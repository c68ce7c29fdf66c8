//! File objects, read from a store.
ghost use Rattle.std.specs.Prelude.{◌≡◌, Some, Ok, ⊤, length};
ghost use Rattle.ids.specs.Key.{Objects};
ghost use Rattle.object_store.specs.StoreView.{objects_of};
ghost use Rattle.tree_walk.specs.Reading.{Answers, AnswersRead, Reads};
ghost use Rattle.object_graph.specs.Objects.{joined};
ghost use Rattle.object_graph.specs.Traversal.{start, walk_file_at};
ghost use Rattle.tree_walk.specs.Files.{file_at, file_due, blocks_due, added, fitting};

use crate::fault::WalkFault;
use crate::reading::{block_key, fs_at};
use fs_objects::{FileObject, FsObject};
use ids::{IdList, ObjId};
use object_store::{Shelf, Store};
use std::alloc::Global;

/// The file object that is stored under the id; for forty zeros that of no blocks.
///
/// A directory is of the wrong kind.
pub fn file_at<S: Shelf>(
    alloc: Global,
    store: &mut Store<S>,
    id: &ObjId,
) -> Result<FileObject, WalkFault>
    ensures value { (objects : Objects) → objects_of S.contents store.old ≡ Some objects → AnswersRead objects (file_at objects id.now) result }
    ensures stays { Reads S.contents S.may_give S.texts S.faults store.old store.new result }
{
    if id.is_nil() {
        return Ok(FileObject {
            blocks: IdList::new(alloc),
            size: 0,
        });
    }
    match fs_at(alloc, store, id)? {
        FsObject::File(file) => Ok(file),
        FsObject::Dir(_) => Err(WalkFault::WrongKind(*id)),
    }
}

/// The file object that is stored under the id, if it is whole: its blocks are stored, and have as many bytes as it tells.
///
/// The first fault of the file's traversal is answered.
pub fn whole_file_at<S: Shelf>(
    alloc: Global,
    store: &mut Store<S>,
    id: &ObjId,
) -> Result<FileObject, WalkFault>
    ensures value { (objects : Objects) → objects_of S.contents store.old ≡ Some objects
        → Answers objects (walk_file_at objects id.now start).fault (λ file. file_at objects id.now ≡ Ok file) result }
    ensures stays { Reads S.contents S.may_give S.texts S.faults store.old store.new result }
{
    let file = match file_at(alloc, store, id) {
        Ok(file) => file,
        Err(fault) => return Err(fault),
    };
    match check_blocks(store, id, &file) {
        Ok(()) => Ok(file),
        Err(fault) => Err(fault),
    }
}

/// A file's blocks are stored, and have as many bytes as it tells. It reads no block.
pub fn check_blocks<S: Shelf>(
    store: &Store<S>,
    id: &ObjId,
    file: &FileObject,
) -> Result<(), WalkFault>
    ensures value { (objects : Objects) → objects_of S.contents store.now ≡ Some objects → Answers objects (file_due objects id.now file.now) (λ done. ⊤) result }
    ensures stays { Reads S.contents S.may_give S.texts S.faults store.now store.now result }
{
    let size = file.size;
    match total_size(store, file.blocks.slice())? {
        Some(total) => if total == size {
            Ok(())
        } else {
            Err(WalkFault::WrongSize(*id))
        },
        None => Err(WalkFault::WrongSize(*id)),
    }
}

/// The number of the bytes of blocks, if 64 bits hold it.
fn total_size<S: Shelf>(store: &Store<S>, blocks: &[ObjId]) -> Result<Option<u64>, WalkFault>
    ensures value { (objects : Objects) → objects_of S.contents store.now ≡ Some objects
        → Answers objects (blocks_due objects blocks.now) (λ total. total ≡ fitting (length (joined objects blocks.now))) result }
    ensures stays { Reads S.contents S.may_give S.texts S.faults store.now store.now result }
{
    let mut total = Some(0);
    for block in blocks {
        let key = &block_key(block);
        match store.has(*key) {
            Some(size) => total = add(total, size),
            None => return Err(WalkFault::Incomplete(*key)),
        }
    }
    Ok(total)
}

/// A sum with one number more, if 64 bits hold it.
fn add(total: Option<u64>, size: u64) -> Option<u64>
    ensures value { result ≡ added total size }
{
    match total {
        Some(total) => total.checked_add(size),
        None => None,
    }
}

Your goal: Reproduce exactly the entries above, limited to the lines from the one with "Answers objects (walk_file_at" through the one with "reads no block.", both included.

Result of the task:
        → Answers objects (walk_file_at objects id.now start).fault (λ file. file_at objects id.now ≡ Ok file) result }
    ensures stays { Reads S.contents S.may_give S.texts S.faults store.old store.new result }
{
    let file = match file_at(alloc, store, id) {
        Ok(file) => file,
        Err(fault) => return Err(fault),
    };
    match check_blocks(store, id, &file) {
        Ok(()) => Ok(file),
        Err(fault) => Err(fault),
    }
}

/// A file's blocks are stored, and have as many bytes as it tells. It reads no block.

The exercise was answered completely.